Stored items
==================================================

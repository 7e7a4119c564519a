//! Which notes of a fragment stand in a recording where it is said to lie.
ghost use Rattle.std.specs.Prelude.{◌≡◌, ◌↔◌, IfNone, IfOk, IfSome, IsTrue};
ghost use Rattle.mxf_klv.specs.Note.{IsNote};
ghost use Rattle.mxf_klv.specs.Rising.{In};
ghost use Rattle.mxf_find.specs.Agreeing.{agreeing, agreeing_as_heads, agrees, agrees_as_head, agrees_as_head_at};
ghost use Rattle.mxf_find.specs.Agreeing.{agrees_at, moved_to};

use crate::fragment::Fragment;
use crate::recording::Recording;
use mxf_catalogue::Catalogue;
use mxf_klv::{Held, MAX, Note, OutOfMemory};
use std::alloc::Global;

/// How many notes of a fragment agree, and how many of these by key, width and length alone.
#[derive(Clone, Copy)]
pub(crate) struct Counts {
    pub agree: usize,
    pub heads: usize,
}

/// Whether a note agrees, and whether by key, width and length alone.
#[derive(Clone, Copy)]
struct Agreement {
    agrees: bool,
    as_head: bool,
}

/// The agreement of a note that doesn't.
const NONE: Agreement = Agreement {
    agrees: false,
    as_head: false,
};

/// The agreement of one that does by key, width and length alone.
const BY_LENGTH: Agreement = Agreement {
    agrees: true,
    as_head: true,
};

/// How many notes of a fragment agree with a recording at a shift. It takes memory while it compares a note that keeps
/// its value.
pub(crate) fn count_agreeing(
    alloc: Global,
    fragment: &Fragment<'_>,
    recording: &Recording<'_>,
    at: u64,
) -> Result<Counts, OutOfMemory>
    ensures agree { IfOk result (λ c. c.agree ≡ agreeing fragment.now recording.now at) }
    ensures heads { IfOk result (λ c. c.heads ≡ agreeing_as_heads fragment.now recording.now at) }
{
    let mut agree = 0;
    let mut heads = 0;
    for note in fragment.content().notes() {
        let agreement = agreement_of(alloc, fragment, recording, at, note)?;
        agree += usize::from(agreement.agrees);
        heads += usize::from(agreement.as_head);
    }
    Ok(Counts { agree, heads })
}

/// Whether a note of a fragment agrees with a recording at a shift.
fn agreement_of(
    alloc: Global,
    fragment: &Fragment<'_>,
    recording: &Recording<'_>,
    at: u64,
    note: &Note,
) -> Result<Agreement, OutOfMemory>
    ensures agrees { IfOk result (λ a. a.agrees ≡ agrees fragment.now recording.now at note.now) }
    ensures as_head { IfOk result (λ a. a.as_head ≡ agrees_as_head fragment.now recording.now at note.now) }
{
    let Some(offset) = at.checked_sub(MAX - fragment.place(note)) else {
        return Ok(NONE);
    };
    agreement_at(alloc, recording.content(), note, offset)
}

/// Whether a note that is moved to an offset agrees with a content.
fn agreement_at(
    alloc: Global,
    content: &Catalogue,
    note: &Note,
    offset: u64,
) -> Result<Agreement, OutOfMemory>
    ensures agrees { IfOk result (λ a. a.agrees ≡ agrees_at content.now offset note.now) }
    ensures as_head { IfOk result (λ a. a.as_head ≡ agrees_as_head_at content.now offset note.now) }
{
    content.laws();
    let Some(head) = Note::head(offset, note.key(), note.width(), note.length()) else {
        return Ok(NONE);
    };
    if !content.has(&head) {
        return Ok(NONE);
    }
    if note.is_head() {
        return Ok(BY_LENGTH);
    }
    if content.holds(&head) {
        return Ok(BY_LENGTH);
    }
    let agrees = holds_moved(alloc, content, note, offset)?;
    Ok(Agreement {
        agrees,
        as_head: false,
    })
}

/// Whether a content has a note that is moved to an offset.
fn holds_moved(
    alloc: Global,
    content: &Catalogue,
    note: &Note,
    offset: u64,
) -> Result<bool, OutOfMemory>
    ensures { IfOk result (λ r. IsTrue r ↔ In (moved_to offset note.now) content.now) }
{
    content.laws();
    match moved(alloc, note, offset)? {
        Some(moved) => Ok(content.holds(&moved)),
        None => Ok(false),
    }
}

/// The note of the same packet at another offset, if there can be one. It takes memory if the value is kept.
fn moved(alloc: Global, note: &Note, offset: u64) -> Result<Option<Note>, OutOfMemory>
    ensures some { IfOk result (λ moved. IfSome moved (λ m. m ≡ moved_to offset note.now)) }
    ensures none { IfOk result (λ moved. IfNone moved (IsNote (moved_to offset note.now) → ⊥)) }
{
    let _ = note.offset();
    match note.held() {
        Held::Whole(value) => {
            let value = Vec::from_slice(alloc, value)?;
            Ok(Note::kept(offset, note.key(), note.width(), value).ok())
        }
        Held::Digest(digest) => Ok(Note::digested(
            offset,
            note.key(),
            note.width(),
            note.length(),
            *digest,
        )),
        Held::Head => Ok(Note::head(offset, note.key(), note.width(), note.length())),
    }
}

==================================================

● DESCRIPTION OF THE TASK:
The lines to return are those with the string "IsTrue" in them; copy each from the entries above.

● EXPECTED ANSWER:
ghost use Rattle.std.specs.Prelude.{◌≡◌, ◌↔◌, IfNone, IfOk, IfSome, IsTrue};
    ensures { IfOk result (λ r. IsTrue r ↔ In (moved_to offset note.now) content.now) }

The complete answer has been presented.